What needs to be done:
From the records below, print exactly the lines starting at the one containing "with these escapes." and ending at the one containing "pub(crate) struct Word", ends included, and nothing else.

Information provided:
● ● ●
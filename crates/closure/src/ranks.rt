ghost use Rattle.std.specs.Prelude.{◌≡◌, ◌<◌, ◌↔◌, Some, slice_get, length, IsTrue};
ghost use Rattle.closure.specs.inner.Ranks.{HasRank};

use chain_graph::Ranked;

/// The number of chains on the longest path of calls and gotos from a chain that has a rank.
pub(crate) fn rank_of(ranked: &Ranked, chain: u32) -> u32
    requires { HasRank ranked.now chain }
    ensures { slice_get ranked.now.ranks chain ≡ Some (Some result) }
{
    match ranked.ranks.as_slice()[chain as usize] {
        Some(rank) => rank,
        None => unreachable!(),
    }
}

/// Whether a chain has this rank.
pub(crate) fn has_rank(ranked: &Ranked, chain: usize, rank: u32) -> bool
    requires { chain < length ranked.now.ranks }
    ensures { IsTrue result ↔ (slice_get ranked.now.ranks chain ≡ Some (Some rank)) }
{
    match ranked.ranks.as_slice()[chain] {
        Some(own) => own == rank,
        None => false,
    }
}
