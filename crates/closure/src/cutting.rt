ghost use Rattle.std.specs.Prelude.{◌≡◌, ◌++◌, ◌∷◌, Bool, true, List, [], IfOk, IsTrue, OnOk, map};
ghost use Rattle.match_expr.specs.declared.expr.Expr.{Expr as Tested};
ghost use Rattle.match_expr.specs.declared.expr.Expr.TheVariants.{Not};
ghost use Rattle.closure.specs.Flat as spec;
ghost use Rattle.closure.specs.Flat.{stayed, carried};
ghost use Rattle.closure.specs.Stream.{IsSettled, cut_all};
ghost use Rattle.closure.specs.inner.Steps.{handed_on, refuted};

use crate::modes::Escape;
use crate::steps::{carry, carry_over, escape, stay, under};
use match_expr::{Boxed, Expr, Primitive};
use std::alloc::{AllocError, Global};

/// What is cut by each part of a flat rule in turn.
pub trait State<P: Primitive>: Drop {
    /// What is left of it.
    ghost left: { Self → Tested P → Self };

    /// What is left where the expression holds.
    fn cut(&self, alloc: Global, e: &Expr<P>) -> Result<Self, AllocError>
        ensures { IfOk result (λ s. s ≡ left self.now e.now) };

    /// What is left where it doesn't hold.
    fn cut_not(&self, alloc: Global, e: &Expr<P>) -> Result<Self, AllocError>
        ensures { IfOk result (λ s. s ≡ left self.now (Not e.now)) };
}

/// Takes what comes of each flat rule in turn, with the rule's verdict.
pub trait Sink<P: Primitive, S: State<P>>: Drop {
    /// It has been given these, in this order.
    ghost given: { Self → List (S × Bool) → Type 0 };

    /// Takes what the expression leaves of the state. The sink cuts the state itself, where it needs what is left.
    fn put_cut(
        &mut self,
        alloc: Global,
        state: &S,
        e: &Expr<P>,
        accept: bool,
    ) -> Result<(), AllocError>
        ensures { OnOk result ((xs : List (S × Bool)) → given self.old xs → given self.new (xs ++ (S.left state.now e.now, accept) ∷ [])) };

    /// Whether nothing that may still come makes a difference.
    fn is_settled(&self) -> bool
        ensures { IsTrue result → IsSettled given self.now };
}

impl<P: Primitive, S: State<P>> Sink<P, S> for Vec<(S, bool)> {
    ghost use Rattle.std.specs.Prelude.{◌≡◌};

    ghost given = { λ v xs. v.items ≡ xs };

    fn put_cut(
        &mut self,
        alloc: Global,
        state: &S,
        e: &Expr<P>,
        accept: bool,
    ) -> Result<(), AllocError> {
        let left = state.cut(alloc, e)?;
        self.push((left, accept))?;
        Ok(())
    }

    fn is_settled(&self) -> bool {
        false
    }
}

/// What is needed behind an item: the escapes that are found; what doesn't hold, for further ones; the state.
#[derive(Clone, Copy, Debug, PartialEq, Eq)]
pub struct Needs {
    pub escapes: bool,
    pub past: bool,
    pub state: bool,
}

impl Needs {
    /// Whether one of them is. Then the escapes of a block are.
    pub(crate) fn any(self) -> bool
        ensures escapes { self.escapes ≡ true → result ≡ true }
        ensures state { self.state ≡ true → result ≡ true }
    {
        self.escapes || self.state
    }

    /// What is needed behind an item that one of the same rule follows.
    pub(crate) fn before_more(self) -> Needs
        ensures escapes { result.escapes ≡ self.escapes }
        ensures past { result.past ≡ true }
        ensures state { result.state ≡ true }
    {
        Needs {
            past: true,
            state: true,
            ..self
        }
    }
}

/// What lies behind items that were passed: what is left of the state there, what doesn't hold there, and the items' escapes. What isn't needed isn't kept.
#[derive(Drop)]
pub(crate) struct Passed<P, S> {
    pub state: S,
    pub past: Vec<Expr<P>>,
    pub found: Vec<Escape<P>>,
}

impl<P: Primitive, S: State<P>> Passed<P, S> {
    /// Cut by what doesn't hold behind an item that leaves, if the state is needed.
    fn cut_past(&mut self, alloc: Global, e: &Expr<P>, needed: bool) -> Result<(), AllocError>
        ensures state { OnOk result (needed ≡ true → self.new.state ≡ S.left self.old.state (Not e.now)) }
        ensures past { OnOk result (self.new.past.items ≡ self.old.past.items) }
        ensures found { OnOk result (self.new.found.items ≡ self.old.found.items) }
    {
        if !needed {
            return Ok(());
        }
        self.state = self.state.cut_not(alloc, e)?;
        Ok(())
    }

    /// The escape of an item that leaves, and what doesn't hold behind it, where they are needed.
    fn note(&mut self, alloc: Global, e: &Expr<P>, n: u32, needs: Needs) -> Result<(), AllocError>
        ensures state { OnOk result (self.new.state ≡ self.old.state) }
        ensures past { OnOk result (needs.escapes ≡ true → needs.past ≡ true → self.new.past.items ≡ self.old.past.items ++ Not e.now ∷ []) }
        ensures found { OnOk result (needs.escapes ≡ true → self.new.found.items ≡ self.old.found.items ++ spec.escape self.old.past.items n e.now []) }
    {
        if !needs.escapes {
            return Ok(());
        }
        escape(alloc, self.past.as_slice(), &mut self.found, n, e)?;
        if !needs.past {
            return Ok(());
        }
        self.past
            .push(Expr::Not(Boxed::new(alloc, e.copy(alloc)?)?))?;
        Ok(())
    }

    /// Past an item that leaves.
    pub(crate) fn leave(
        &mut self,
        alloc: Global,
        e: &Expr<P>,
        n: u32,
        needs: Needs,
    ) -> Result<(), AllocError>
        ensures state { OnOk result (needs.state ≡ true → self.new.state ≡ S.left self.old.state (Not e.now)) }
        ensures past { OnOk result (needs.escapes ≡ true → needs.past ≡ true → self.new.past.items ≡ self.old.past.items ++ Not e.now ∷ []) }
        ensures found { OnOk result (needs.escapes ≡ true → self.new.found.items ≡ self.old.found.items ++ spec.escape self.old.past.items n e.now []) }
    {
        self.note(alloc, e, n, needs)?;
        self.cut_past(alloc, e, needs.state)
    }

    /// Cut by what doesn't hold behind a block, if the state is needed.
    fn cut_behind(
        &mut self,
        alloc: Global,
        escapes: &[Escape<P>],
        needed: bool,
    ) -> Result<(), AllocError>
        ensures state { OnOk result (needed ≡ true → self.new.state ≡ cut_all S.left self.old.state (map refuted escapes.now)) }
        ensures past { OnOk result (self.new.past.items ≡ self.old.past.items) }
        ensures found { OnOk result (self.new.found.items ≡ self.old.found.items) }
    {
        if !needed {
            return Ok(());
        }
        for x in escapes {
            self.state = self.state.cut_not(alloc, &x.condition)?;
        }
        Ok(())
    }

    /// The escapes of a block that leave the block around it too, and what doesn't hold behind the block, where they are needed.
    fn hand_on(
        &mut self,
        alloc: Global,
        escapes: Vec<Escape<P>>,
        needs: Needs,
    ) -> Result<(), AllocError>
        ensures state { OnOk result (self.new.state ≡ self.old.state) }
        ensures past { OnOk result (needs.escapes ≡ true → needs.past ≡ true → self.new.past.items ≡ self.old.past.items ++ map refuted escapes.items) }
        ensures found { OnOk result (needs.escapes ≡ true → self.new.found.items ≡ self.old.found.items ++ handed_on self.old.past.items escapes.items) }
    {
        if !needs.escapes {
            return Ok(());
        }
        if !needs.past {
            return carry_over(alloc, self.past.as_slice(), &mut self.found, escapes);
        }
        carry(
            alloc,
            self.past.as_slice(),
            &mut self.found,
            escapes.as_slice(),
        )?;
        stay(alloc, &mut self.past, escapes)
    }

    /// Past a block with these escapes.
    #[tactic(auto, using(crate::proofs::StepLemmas::stayed_under, crate::proofs::StepLemmas::carried_under))]
    pub(crate) fn run(
        &mut self,
        alloc: Global,
        e: &Expr<P>,
        escapes: Vec<Escape<P>>,
        needs: Needs,
    ) -> Result<(), AllocError>
        ensures state { OnOk result (needs.state ≡ true → self.new.state ≡ cut_all S.left self.old.state (stayed e.now escapes.items)) }
        ensures past { OnOk result (needs.escapes ≡ true → needs.past ≡ true → self.new.past.items ≡ self.old.past.items ++ stayed e.now escapes.items) }
        ensures found { OnOk result (needs.escapes ≡ true → self.new.found.items ≡ self.old.found.items ++ carried self.old.past.items e.now escapes.items) }
    {
        let outer = under(alloc, e, escapes)?;
        self.cut_behind(alloc, outer.as_slice(), needs.state)?;
        self.hand_on(alloc, outer, needs)
    }
}
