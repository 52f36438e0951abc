//! The table of each kind of word.
ghost use Rattle.std.specs.Prelude.{◌≡◌, map};
ghost use Rattle.primitives.specs.Tables.{number_in};
ghost use Rattle.primitives.specs.inner.Rows.{named};

/// A name and the number that it stands for.
pub(crate) struct Word {
    pub name: &'static [u8],
    pub number: u8,
}

/// Protocols by their numbers, as IANA assigns them. The first name of a number is the one that is printed.
pub(crate) static PROTOCOLS: [Word; 12] = [
    Word {
        name: b"icmp",
        number: 1,
    },
    Word {
        name: b"igmp",
        number: 2,
    },
    Word {
        name: b"tcp",
        number: 6,
    },
    Word {
        name: b"udp",
        number: 17,
    },
    Word {
        name: b"dccp",
        number: 33,
    },
    Word {
        name: b"gre",
        number: 47,
    },
    Word {
        name: b"esp",
        number: 50,
    },
    Word {
        name: b"ah",
        number: 51,
    },
    Word {
        name: b"ipv6-icmp",
        number: 58,
    },
    Word {
        name: b"icmpv6",
        number: 58,
    },
    Word {
        name: b"sctp",
        number: 132,
    },
    Word {
        name: b"udplite",
        number: 136,
    },
];

/// States of a connection by their numbers, as iptables-extensions(8) names them for conntrack.
pub(crate) static STATES: [Word; 5] = [
    Word {
        name: b"INVALID",
        number: 0,
    },
    Word {
        name: b"NEW",
        number: 1,
    },
    Word {
        name: b"RELATED",
        number: 2,
    },
    Word {
        name: b"ESTABLISHED",
        number: 3,
    },
    Word {
        name: b"UNTRACKED",
        number: 4,
    },
];

/// Flags of tcp by the places of their bits.
pub(crate) static FLAGS: [Word; 6] = [
    Word {
        name: b"FIN",
        number: 0,
    },
    Word {
        name: b"SYN",
        number: 1,
    },
    Word {
        name: b"RST",
        number: 2,
    },
    Word {
        name: b"PSH",
        number: 3,
    },
    Word {
        name: b"ACK",
        number: 4,
    },
    Word {
        name: b"URG",
        number: 5,
    },
];

/// The number of the first word of that name.
pub(crate) fn number_of(words: &[Word], text: &[u8]) -> Option<u8>
    ensures { result ≡ number_in (map named words.now) text.now }
{
    for word in words {
        if word.name == text {
            return Some(word.number);
        }
    }
    None
}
● ● ●
Output below:
    /// Past a block with these escapes.
    #[tactic(auto, using(crate::proofs::StepLemmas::stayed_under, crate::proofs::StepLemmas::carried_under))]
    pub(crate) fn run(
        &mut self,
        alloc: Global,
        e: &Expr<P>,
        escapes: Vec<Escape<P>>,
        needs: Needs,
    ) -> Result<(), AllocError>
        ensures state { OnOk result (needs.state ≡ true → self.new.state ≡ cut_all S.left self.old.state (stayed e.now escapes.items)) }
        ensures past { OnOk result (needs.escapes ≡ true → needs.past ≡ true → self.new.past.items ≡ self.old.past.items ++ stayed e.now escapes.items) }
        ensures found { OnOk result (needs.escapes ≡ true → self.new.found.items ≡ self.old.found.items ++ carried self.old.past.items e.now escapes.items) }
    {
        let outer = under(alloc, e, escapes)?;
        self.cut_behind(alloc, outer.as_slice(), needs.state)?;
        self.hand_on(alloc, outer, needs)
    }
}
repository 52f36438e0951abc
//! The table of each kind of word.
ghost use Rattle.std.specs.Prelude.{◌≡◌, map};
ghost use Rattle.primitives.specs.Tables.{number_in};
ghost use Rattle.primitives.specs.inner.Rows.{named};

/// A name and the number that it stands for.
pub(crate) struct Word {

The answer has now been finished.